> Task details
The records below are to be transcribed exactly as they appear.

Stored items
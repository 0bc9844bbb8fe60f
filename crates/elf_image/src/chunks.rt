//! At which addresses the entries of a table store, chunk by chunk.
ghost use Rattle.std.specs.Prelude.{◌≡◌, ◌+◌, ◌*◌, ◌<◌, ◌≤◌, ◌⊎◌, ℕ, List, false, get_or};
ghost use Rattle.elf_record.specs.Rela.{IsRela};
ghost use Rattle.elf_image.specs.Chunks.{HoldsChunks, IsWithinChunk};
ghost use Rattle.elf_image.specs.RelaRows.{IsFarEntry};

use crate::rela_rows::WindowReach;
use elf_record::Rela;
use elf_record::gnu_numbers::R_X86_64_IRELATIVE;
use elf_record::numbers::R_X86_64_COPY;

/// The number of entries of a chunk.
const CHUNK_ENTRIES: u64 = 8192;
/// The number of chunks of a table that are noted.
const CHUNKS: usize = 64;

/// The addresses at which the entries of a table store: the lowest and the highest of each of the
/// first 64 chunks of 8,192 entries, as far as they are noted.
#[derive(Clone, Copy)]
pub(crate) struct EntryChunks {
    /// How many entries are noted, from the first one on.
    noted: u64,
    lowest: [u64; CHUNKS],
    highest: [u64; CHUNKS],
}

impl EntryChunks {
    /// Returns chunks of which no entry is noted.
    pub(crate) fn new() -> EntryChunks
        ensures { (file : List ℕ) (at : ℕ) → HoldsChunks file at result }
    {
        EntryChunks {
            noted: 0,
            lowest: [u64::MAX; CHUNKS],
            highest: [0; CHUNKS],
        }
    }

    /// Notes the entry of an index, if all before it are noted and its chunk is one of the first 64.
    pub(crate) fn note(&mut self, index: u64, entry: &Rela)
        ensures { (file : List ℕ) (at : ℕ) → HoldsChunks file at self.old →
            IsRela file (at + 24 * index) entry.now → HoldsChunks file at self.new }
    {
        let chunk = index / CHUNK_ENTRIES;
        if index != self.noted || chunk >= CHUNKS as u64 {
            return;
        }
        let (lowest, highest) = addresses(entry);
        let chunk = chunk as usize;
        self.lowest[chunk] = self.lowest[chunk].min(lowest);
        self.highest[chunk] = self.highest[chunk].max(highest);
        self.noted += 1;
    }

    /// Returns how many entries from an index on are known not to store into a window: the rest of
    /// its chunk, as far as that is noted, or none.
    pub(crate) fn far_from(&self, index: u64, reach: &WindowReach) -> u64
        ensures { (file : List ℕ) (at i : ℕ) → HoldsChunks file at self.now → index ≤ i →
            i < index + result → IsFarEntry file (at + 24 * i) reach.now }
    {
        let chunk = index / CHUNK_ENTRIES;
        if chunk >= CHUNKS as u64 || self.may_store(chunk as usize, reach) {
            return 0;
        }
        let end = (chunk + 1) * CHUNK_ENTRIES;
        end.min(self.noted).saturating_sub(index)
    }

    /// Returns `true` if an entry of a chunk that is noted may store into a window.
    fn may_store(&self, chunk: usize, reach: &WindowReach) -> bool
        requires { chunk < 64 }
        ensures { result ≡ false → (get_or self.now.highest chunk 0 < reach.now.first)
            ⊎ (reach.now.last < get_or self.now.lowest chunk 0) }
    {
        reach.first <= self.highest[chunk] && self.lowest[chunk] <= reach.last
    }
}

/// Returns the lowest and the highest address at which an entry may store; all for one of
/// R_X86_64_COPY, which may store any number of bytes, and one of R_X86_64_IRELATIVE, which has
/// another turn.
fn addresses(entry: &Rela) -> (u64, u64)
    ensures { (file : List ℕ) (rela : ℕ) → IsRela file rela entry.now →
        IsWithinChunk file rela result.0 result.1 }
{
    match entry.kind() {
        R_X86_64_COPY | R_X86_64_IRELATIVE => (0, u64::MAX),
        _ => (entry.r_offset, entry.r_offset),
    }
}
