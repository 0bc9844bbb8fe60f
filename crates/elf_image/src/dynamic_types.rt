//! The relocation types that a loader applies (x86-64 psABI, Relocation Types).
ghost use Rattle.std.specs.Prelude.{◌≡◌, ℕ, List};
ghost use Rattle.elf_model.specs.ImageValues.{changed_size, dynamic_type, is_thread_local, uses_no_symbol};
ghost use Rattle.elf_image.specs.Values.{IsUsed};

use elf_model::DynamicType;
use elf_record::Sym;
use elf_record::gnu_numbers::{
    R_X86_64_DTPMOD64, R_X86_64_DTPOFF64, R_X86_64_IRELATIVE, R_X86_64_TLSDESC, R_X86_64_TPOFF64,
};
use elf_record::numbers::{
    R_X86_64_32, R_X86_64_64, R_X86_64_COPY, R_X86_64_GLOB_DAT, R_X86_64_JUMP_SLOT, R_X86_64_PC32,
    R_X86_64_RELATIVE,
};

/// Returns the relocation type of a number, if it is one that a loader applies.
#[tactic(auto, unfolding(elf_model::specs::ImageValues::dynamic_type, elf_model::specs::ImageValues::dynamic_type_in, elf_model::specs::ImageValues::dynamic_types))]
pub(crate) fn dynamic_type(kind: u32) -> Option<DynamicType>
    ensures { result ≡ dynamic_type kind }
{
    match kind {
        R_X86_64_64 => Some(DynamicType::Absolute),
        R_X86_64_PC32 => Some(DynamicType::RelativeLow),
        R_X86_64_32 => Some(DynamicType::Low),
        R_X86_64_COPY => Some(DynamicType::Copy),
        R_X86_64_GLOB_DAT => Some(DynamicType::Address),
        R_X86_64_JUMP_SLOT => Some(DynamicType::Call),
        R_X86_64_RELATIVE => Some(DynamicType::Relative),
        R_X86_64_DTPMOD64 => Some(DynamicType::Module),
        R_X86_64_DTPOFF64 => Some(DynamicType::BlockOffset),
        R_X86_64_TPOFF64 => Some(DynamicType::ThreadOffset),
        R_X86_64_TLSDESC => Some(DynamicType::Descriptor),
        R_X86_64_IRELATIVE => Some(DynamicType::Resolved),
        _ => None,
    }
}

/// Returns `true` if a type does not use the symbol of its entry.
pub(crate) fn uses_no_symbol(found: DynamicType) -> bool
    ensures { result ≡ uses_no_symbol found }
{
    matches!(found, DynamicType::Relative | DynamicType::Resolved)
}

/// Returns `true` if the symbol of a type is a thread-local one.
pub(crate) fn is_thread_local(found: DynamicType) -> bool
    ensures { result ≡ is_thread_local found }
{
    matches!(
        found,
        DynamicType::Module
            | DynamicType::BlockOffset
            | DynamicType::ThreadOffset
            | DynamicType::Descriptor
    )
}

/// Returns how many bytes an entry of a type may change, by its symbol.
#[tactic(auto, unfolding(elf_model::specs::ImageValues::changed_size))]
pub(crate) fn changed_size(found: DynamicType, symbol: &Sym) -> u64
    ensures { (file : List ℕ) (at index : ℕ) → IsUsed found file at index symbol.now →
        result ≡ changed_size found file at }
{
    match found {
        DynamicType::Low | DynamicType::RelativeLow => 4,
        DynamicType::Copy => symbol.st_size,
        DynamicType::Descriptor => 16,
        _ => 8,
    }
}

> Answer
repository 0bc9844bbb8fe60f
filename crates/elf_image/src/chunks.rt
//! At which addresses the entries of a table store, chunk by chunk.
ghost use Rattle.std.specs.Prelude.{◌≡◌, ◌+◌, ◌*◌, ◌<◌, ◌≤◌, ◌⊎◌, ℕ, List, false, get_or};
ghost use Rattle.elf_record.specs.Rela.{IsRela};
ghost use Rattle.elf_image.specs.Chunks.{HoldsChunks, IsWithinChunk};
ghost use Rattle.elf_image.specs.RelaRows.{IsFarEntry};

use crate::rela_rows::WindowReach;
use elf_record::Rela;
use elf_record::gnu_numbers::R_X86_64_IRELATIVE;
use elf_record::numbers::R_X86_64_COPY;

/// The number of entries of a chunk.
const CHUNK_ENTRIES: u64 = 8192;
/// The number of chunks of a table that are noted.
const CHUNKS: usize = 64;

/// The addresses at which the entries of a table store: the lowest and the highest of each of the
/// first 64 chunks of 8,192 entries, as far as they are noted.
#[derive(Clone, Copy)]
pub(crate) struct EntryChunks {
    /// How many entries are noted, from the first one on.
    noted: u64,
    lowest: [u64; CHUNKS],
    highest: [u64; CHUNKS],
}

impl EntryChunks {
    /// Returns chunks of which no entry is noted.
    pub(crate) fn new() -> EntryChunks
        ensures { (file : List ℕ) (at : ℕ) → HoldsChunks file at result }
    {
        EntryChunks {
            noted: 0,
            lowest: [u64::MAX; CHUNKS],
            highest: [0; CHUNKS],
        }
    }

    /// Notes the entry of an index, if all before it are noted and its chunk is one of the first 64.
    pub(crate) fn note(&mut self, index: u64, entry: &Rela)
        ensures { (file : List ℕ) (at : ℕ) → HoldsChunks file at self.old →
            IsRela file (at + 24 * index) entry.now → HoldsChunks file at self.new }
    {
        let chunk = index / CHUNK_ENTRIES;
        if index != self.noted || chunk >= CHUNKS as u64 {
            return;
        }
        let (lowest, highest) = addresses(entry);
        let chunk = chunk as usize;
        self.lowest[chunk] = self.lowest[chunk].min(lowest);
        self.highest[chunk] = self.highest[chunk].max(highest);
        self.noted += 1;
    }

    /// Returns how many entries from an index on are known not to store into a window: the rest of
    /// its chunk, as far as that is noted, or none.
    pub(crate) fn far_from(&self, index: u64, reach: &WindowReach) -> u64
        ensures { (file : List ℕ) (at i : ℕ) → HoldsChunks file at self.now → index ≤ i →
            i < index + result → IsFarEntry file (at + 24 * i) reach.now }
    {
        let chunk = index / CHUNK_ENTRIES;
        if chunk >= CHUNKS as u64 || self.may_store(chunk as usize, reach) {
            return 0;
        }
        let end = (chunk + 1) * CHUNK_ENTRIES;
        end.min(self.noted).saturating_sub(index)
    }

    /// Returns `true` if an entry of a chunk that is noted may store into a window.
    fn may_store(&self, chunk: usize, reach: &WindowReach) -> bool
        requires { chunk < 64 }
        ensures { result ≡ false → (get_or self.now.highest chunk 0 < reach.now.first)
            ⊎ (reach.now.last < get_or self.now.lowest chunk 0) }
    {
        reach.first <= self.highest[chunk] && self.lowest[chunk] <= reach.last
    }
}

/// Returns the lowest and the highest address at which an entry may store; all for one of
/// R_X86_64_COPY, which may store any number of bytes, and one of R_X86_64_IRELATIVE, which has
/// another turn.
fn addresses(entry: &Rela) -> (u64, u64)
    ensures { (file : List ℕ) (rela : ℕ) → IsRela file rela entry.now →
        IsWithinChunk file rela result.0 result.1 }
{
    match entry.kind() {
        R_X86_64_COPY | R_X86_64_IRELATIVE => (0, u64::MAX),
        _ => (entry.r_offset, entry.r_offset),
    }
}
repository 0bc9844bbb8fe60f
filename crates/elf_image/src/dynamic_types.rt
//! The relocation types that a loader applies (x86-64 psABI, Relocation Types).
ghost use Rattle.std.specs.Prelude.{◌≡◌, ℕ, List};
ghost use Rattle.elf_model.specs.ImageValues.{changed_size, dynamic_type, is_thread_local, uses_no_symbol};
ghost use Rattle.elf_image.specs.Values.{IsUsed};

use elf_model::DynamicType;
use elf_record::Sym;
use elf_record::gnu_numbers::{
    R_X86_64_DTPMOD64, R_X86_64_DTPOFF64, R_X86_64_IRELATIVE, R_X86_64_TLSDESC, R_X86_64_TPOFF64,
};
use elf_record::numbers::{
    R_X86_64_32, R_X86_64_64, R_X86_64_COPY, R_X86_64_GLOB_DAT, R_X86_64_JUMP_SLOT, R_X86_64_PC32,
    R_X86_64_RELATIVE,
};

/// Returns the relocation type of a number, if it is one that a loader applies.
#[tactic(auto, unfolding(elf_model::specs::ImageValues::dynamic_type, elf_model::specs::ImageValues::dynamic_type_in, elf_model::specs::ImageValues::dynamic_types))]
pub(crate) fn dynamic_type(kind: u32) -> Option<DynamicType>
    ensures { result ≡ dynamic_type kind }
{
    match kind {
        R_X86_64_64 => Some(DynamicType::Absolute),
        R_X86_64_PC32 => Some(DynamicType::RelativeLow),
        R_X86_64_32 => Some(DynamicType::Low),
        R_X86_64_COPY => Some(DynamicType::Copy),
        R_X86_64_GLOB_DAT => Some(DynamicType::Address),
        R_X86_64_JUMP_SLOT => Some(DynamicType::Call),
        R_X86_64_RELATIVE => Some(DynamicType::Relative),
        R_X86_64_DTPMOD64 => Some(DynamicType::Module),
        R_X86_64_DTPOFF64 => Some(DynamicType::BlockOffset),
        R_X86_64_TPOFF64 => Some(DynamicType::ThreadOffset),
        R_X86_64_TLSDESC => Some(DynamicType::Descriptor),
        R_X86_64_IRELATIVE => Some(DynamicType::Resolved),
        _ => None,
    }
}

/// Returns `true` if a type does not use the symbol of its entry.
pub(crate) fn uses_no_symbol(found: DynamicType) -> bool
    ensures { result ≡ uses_no_symbol found }
{
    matches!(found, DynamicType::Relative | DynamicType::Resolved)
}

/// Returns `true` if the symbol of a type is a thread-local one.
pub(crate) fn is_thread_local(found: DynamicType) -> bool
    ensures { result ≡ is_thread_local found }
{
    matches!(
        found,
        DynamicType::Module
            | DynamicType::BlockOffset
            | DynamicType::ThreadOffset
            | DynamicType::Descriptor
    )
}

/// Returns how many bytes an entry of a type may change, by its symbol.
#[tactic(auto, unfolding(elf_model::specs::ImageValues::changed_size))]
pub(crate) fn changed_size(found: DynamicType, symbol: &Sym) -> u64
    ensures { (file : List ℕ) (at index : ℕ) → IsUsed found file at index symbol.now →
        result ≡ changed_size found file at }
{
    match found {
        DynamicType::Low | DynamicType::RelativeLow => 4,
        DynamicType::Copy => symbol.st_size,
        DynamicType::Descriptor => 16,
        _ => 8,
    }
}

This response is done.